Living cells contain a large amount of water, making up some 80% of the cell's weight, though it could be as low as 50% and as high as 90%. The rest of the cell consists mostly of giant proteins molecules (and in much smaller amounts, the nucleic acids, DNA or RNA, and carbohydrates like glycogen).
It is the nature and amounts of the cell proteins that determine the characteristics of living cells. In turn the nature of the proteins is dictated by the genetic information carried in DNA and RNA. The cell also contains an assortment of small molecules and ions. Some of these small molecules and ions like ATP are vital to life.
When a salt dissolves in water, it splits into two oppositely charged particles or ions, the positively-charged ion is called a CATION and the negatively-charged ion is called an ANION.
Most living cells spend their lives in a salt-watery environment. When common salt, or sodium chloride, dissolves in water, the ionically-bonded molecule splits into two charged particles or ions, positively charged sodium ions (Na + ) and negatively charged chloride ions (Cl - ).
In the process of dissolution, these ions take up a more or less permanent coat of strongly-bound water molecules and are then referred to as hydrated sodium ions and hydrated chloride ions.

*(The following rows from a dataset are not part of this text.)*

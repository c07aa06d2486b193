//! The text that a batch leaves, which is made in a copy, and the ends of its ranges.

ghost use Rattle.std.specs.Prelude.{◌≡◌, ◌+◌, ◌++◌, ◌∷◌, ◌≤◌, ◌⊎◌, [], IfErr, IfOk, OnOk, Ok, length, map, string_len, sum_by};
ghost use Rattle.std.specs.Str.{IsUtf8, chars};
ghost use Rattle.lsp_text.specs.Units.{units_in};
ghost use Rattle.lsp_edit.specs.Batch.{items_after, meaning};
ghost use Rattle.lsp_edit.specs.Delta.{AreEndsOf};
ghost use Rattle.lsp_edit.specs.Edited.{content_change};
ghost use Rattle.lsp_edit.specs.Faults.{IsFaultOfChange};
ghost use Rattle.lsp_edit.specs.Indexed.{IsBatchFaultOf, text_within};
ghost use Rattle.lsp_edit.specs.Items.{plain};
ghost use Rattle.lsp_edit.specs.inside.Drafts.{BeginsAnew, IsAfter};

use crate::change::{Change, MAX_NEW_TEXT};
use crate::composed::MAX_OLD_TEXT;
use crate::ends::ends;
use crate::fault::EditFault;
use crate::indexed::IndexedText;
use crate::indexed::fault::BatchFault;
use crate::pieces::MAX_TEXT;
use lsp_text::Encoding;
use std::alloc::{AllocError, Global};

impl IndexedText {
    /// Applies a change (LSP 3.17, TextDocumentContentChangeEvent), and returns the byte offsets of
    /// its range's ends too. `number` is the number of the change that a fault reports.
    fn after(
        self,
        encoding: Encoding,
        number: usize,
        change: &Change,
    ) -> Result<(Self, (usize, usize)), EditFault>
        requires { length self + string_len change.now.text ≤ MAX_TEXT }
        ensures utf8 { IsUtf8 self }
        ensures ok { IfOk result (λ next. IsAfter (units_in encoding) self
            (content_change change.now) next.0 next.1) }
        ensures error { IfErr result (IsFaultOfChange number (items_after (units_in encoding)
            (chars self) (plain (chars self)) (content_change change.now))) }
        ensures longer { IfOk result
            (λ next. length next.0 ≤ length self + string_len change.now.text) }
    {
        // States that the text is UTF-8.
        let _ = self.len();
        let alloc = *self.allocator();
        let new = change.text.as_str();
        let range = match change.range {
            None => return Ok((Self::new(alloc, String::from_str(alloc, new)?)?, (0, 0))),
            Some(range) => range,
        };
        let (start, stop) = ends(self.text(), encoding, range, number)?;
        let IndexedText { mut text } = self;
        text.replace_range(start, stop, new)?;
        Ok((IndexedText { text }, (start, stop)))
    }

    /// Makes the draft that a batch begins with: a copy of the text, or the empty text if the first
    /// change replaces all.
    fn begun(&self, changes: &[Change]) -> Result<Self, AllocError>
        ensures utf8 { IsUtf8 self.now }
        ensures begun { IfOk result (λ draft. (draft ≡ self.now)
            ⊎ ((draft ≡ []) × BeginsAnew (map content_change changes.now))) }
    {
        // States that the text is UTF-8.
        let _ = self.len();
        let alloc = *self.allocator();
        match changes {
            [Change { range: None, .. }, ..] => Self::new(alloc, String::new(alloc)),
            _ => self.clone_in(alloc),
        }
    }

    /// Applies a batch to a copy of the text, if the result has at most `max_len` bytes, and returns
    /// the ends of the changes' ranges too. A fault reports the first change that has no result.
    ///
    /// Costs what each change costs, and [`IndexedText::clone_in`] if the first change doesn't
    /// replace all.
    pub(super) fn draft(
        &self,
        encoding: Encoding,
        changes: &[Change],
        max_len: usize,
    ) -> Result<(Self, Vec<(usize, usize)>), BatchFault>
        requires size { length self.now ≤ MAX_OLD_TEXT }
        requires fits { sum_by (λ change. string_len change.text) changes.now ≤ MAX_NEW_TEXT }
        ensures ok { IfOk result
            (λ left. text_within max_len self.now (meaning (units_in encoding) (chars self.now)
            (map content_change changes.now)) ≡ Ok left.0) }
        ensures ends { IfOk result (λ left. AreEndsOf (units_in encoding) (chars self.now)
            (plain (chars self.now)) (map content_change changes.now) left.1.items) }
        ensures error { IfErr result (IsBatchFaultOf (units_in encoding) max_len self.now
            (map content_change changes.now)) }
    {
        let mut draft = self.begun(changes)?;
        let mut ends = Vec::with_capacity(*self.allocator(), changes.len())?;
        for (number, change) in changes.iter().enumerate() {
            let (next, found) = draft.after(encoding, number, change)?;
            draft = next;
            push_ends(&mut ends, found)?;
        }
        if draft.len() > max_len {
            return Err(BatchFault::TooLong);
        }
        Ok((draft, ends))
    }
}

/// Appends the ends of a range.
fn push_ends(ends: &mut Vec<(usize, usize)>, found: (usize, usize)) -> Result<(), AllocError>
    ensures { OnOk result (ends.new.items ≡ ends.old.items ++ found ∷ []) }
{
    ends.push(found)?;
    Ok(())
}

The sodium-ion concentration in most living cells is low, equal to about one tenth of that in the fluid outside the cell. In contrast, another univalent positively charged cation, the potassium ion, though chemically very similar to the sodium ion, distributes itself in such a way that its concentration inside the cells is some forty times higher than in the surrounding medium (interstitial fluid).
The asymmetries in the distribution of the sodium ions (10X greater outside concentration) and the potassium ions (40X greater inside concentration) are found in virtually all living cells.
How does the cell physiologist explain this unusual pattern of distribution of the potassium and sodium ions? The mechanisms offered by the membrane-pump theory and the association-induction hypothesis are profoundly different.
In the membrane-pump theory, a living cell represents essentially a bag-full of a water, an aqueous solution of proteins, a lot of potassium ions, a few sodium ions, and other dissolved substances in an aqueous solution.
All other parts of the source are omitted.